Collected data entries:
// What reading answers, put into words that are lent: 0 is returned, or the refusal's number and place, and then the words are
// as they were.
ghost use Rattle.std.specs.Prelude.{◌≡◌, ◌≤◌, length};
ghost use Rattle.message_words.specs.Answers.{tlv_code, tlv_words, walked_code, walked_words, suffix_code, suffix_words, link_message_words, link_code, link_words, data_words, place_words, flags_words, carried_words};
ghost use Rattle.message_words.specs.Reading.{stamp_words};

use contents::tlvs::Tlv;
use refusal::Refusal;
use tlv::wr::LinkMessage;

// A TLV that was looked up: 1, where its data begin in the message and how many octets they are, or zeros.
fn data_words(found: Option<usize>, length: usize) -> [u64; 3]
    ensures { result ≡ data_words found length }
{
    match found {
        Some(at) => [1, at as u64, length as u64],
        None => [0; 3],
    }
}

pub fn put_tlv(out: &mut [u64; 3], x: Result<Option<usize>, Refusal>, length: usize) -> u64
    ensures answer { result ≡ tlv_code x }
    ensures words { out.new ≡ tlv_words x length out.old }
{
    let shown = x.map(
        |found| -> [u64; 3]
            ensures { result ≡ data_words found length }
        { data_words(found, length) },
    );
    words::put(out, shown.map_err(refusal::answer))
}

// A TLV of a message: 1, where it stands, its type, how many octets of data it has, where they begin and where it ends; or zeros.
fn place_words(found: Option<Tlv>) -> [u64; 6]
    ensures { result ≡ place_words found }
{
    let Some(v) = found else {
        return [0; 6];
    };
    let at = u64::from(v.place);
    let n = u64::from(v.length);
    [1, at, u64::from(v.kind), n, at + 4, at + 4 + n]
}

pub fn put_walked(out: &mut [u64; 6], x: Result<Option<Tlv>, Refusal>) -> u64
    ensures answer { result ≡ walked_code x }
    ensures words { out.new ≡ walked_words x out.old }
{
    words::put(out, x.map(place_words).map_err(refusal::answer))
}

// The suffix of an Announce: 1 and wrFlags, or zeros.
fn flags_words(found: Option<u16>) -> [u64; 2]
    ensures { result ≡ flags_words found }
{
    match found {
        Some(flags) => [1, u64::from(flags)],
        None => [0; 2],
    }
}

pub fn put_suffix(out: &mut [u64; 2], x: Result<Option<u16>, Refusal>) -> u64
    ensures answer { result ≡ suffix_code x }
    ensures words { out.new ≡ suffix_words x out.old }
{
    words::put(out, x.map(flags_words).map_err(refusal::answer))
}

// The numbers of link messages as words.
pub const SLAVE_PRESENT: u64 = tlv::form::SLAVE_PRESENT as u64;

pub const LOCK: u64 = tlv::form::LOCK as u64;

pub const LOCKED: u64 = tlv::form::LOCKED as u64;

pub const CALIBRATE: u64 = tlv::form::CALIBRATE as u64;

pub const CALIBRATED: u64 = tlv::form::CALIBRATED as u64;

pub const MODE_ON: u64 = tlv::form::MODE_ON as u64;

// A link message in six words: its number, pattern, retry, period, deltaTx, deltaRx; zeros for those it does not carry.
pub fn link_message_words(m: LinkMessage) -> [u64; 6]
    ensures { result ≡ link_message_words m }
{
    match m {
        LinkMessage::SlavePresent => [SLAVE_PRESENT, 0, 0, 0, 0, 0],
        LinkMessage::Lock => [LOCK, 0, 0, 0, 0, 0],
        LinkMessage::Locked => [LOCKED, 0, 0, 0, 0, 0],
        LinkMessage::Calibrate {
            pattern,
            retry,
            period,
        } => [
            CALIBRATE,
            u64::from(pattern),
            u64::from(retry),
            u64::from(period),
            0,
            0,
        ],
        LinkMessage::Calibrated { tx, rx } => [CALIBRATED, 0, 0, 0, tx, rx],
        LinkMessage::ModeOn => [MODE_ON, 0, 0, 0, 0, 0],
    }
}

// The link message of a Signaling: 1 and its six words, or zeros.
fn carried_words(found: Option<LinkMessage>) -> [u64; 7]
    ensures { result ≡ carried_words found }
{
    let Some(m) = found else {
        return [0; 7];
    };
    let [number, pattern, retry, period, tx, rx] = link_message_words(m);
    [1, number, pattern, retry, period, tx, rx]
}

pub fn put_link(out: &mut [u64; 7], x: Result<Option<LinkMessage>, Refusal>) -> u64
    ensures answer { result ≡ link_code x }
    ensures words { out.new ≡ link_words x out.old }
{
    words::put(out, x.map(carried_words).map_err(refusal::answer))
}

// An origin time: the seconds and the nanoseconds of its ten octets.
pub fn put_origin(out: &mut [u64; 2], stamp: &[u8])
    requires { 10 ≤ length stamp.now }
    ensures { out.new ≡ stamp_words stamp.now }
{
    let seconds = octets::held::u48_at(stamp, 0);
    let nanoseconds = octets::held::u32_at(stamp, 6);
    *out = [seconds, u64::from(nanoseconds)];
}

EXERCISE PROMPT
Among the lines above, find those holding "Some" and copy each one.

WRITTEN REPLY
        Some(at) => [1, at as u64, length as u64],
    let Some(v) = found else {
        Some(flags) => [1, u64::from(flags)],
    let Some(m) = found else {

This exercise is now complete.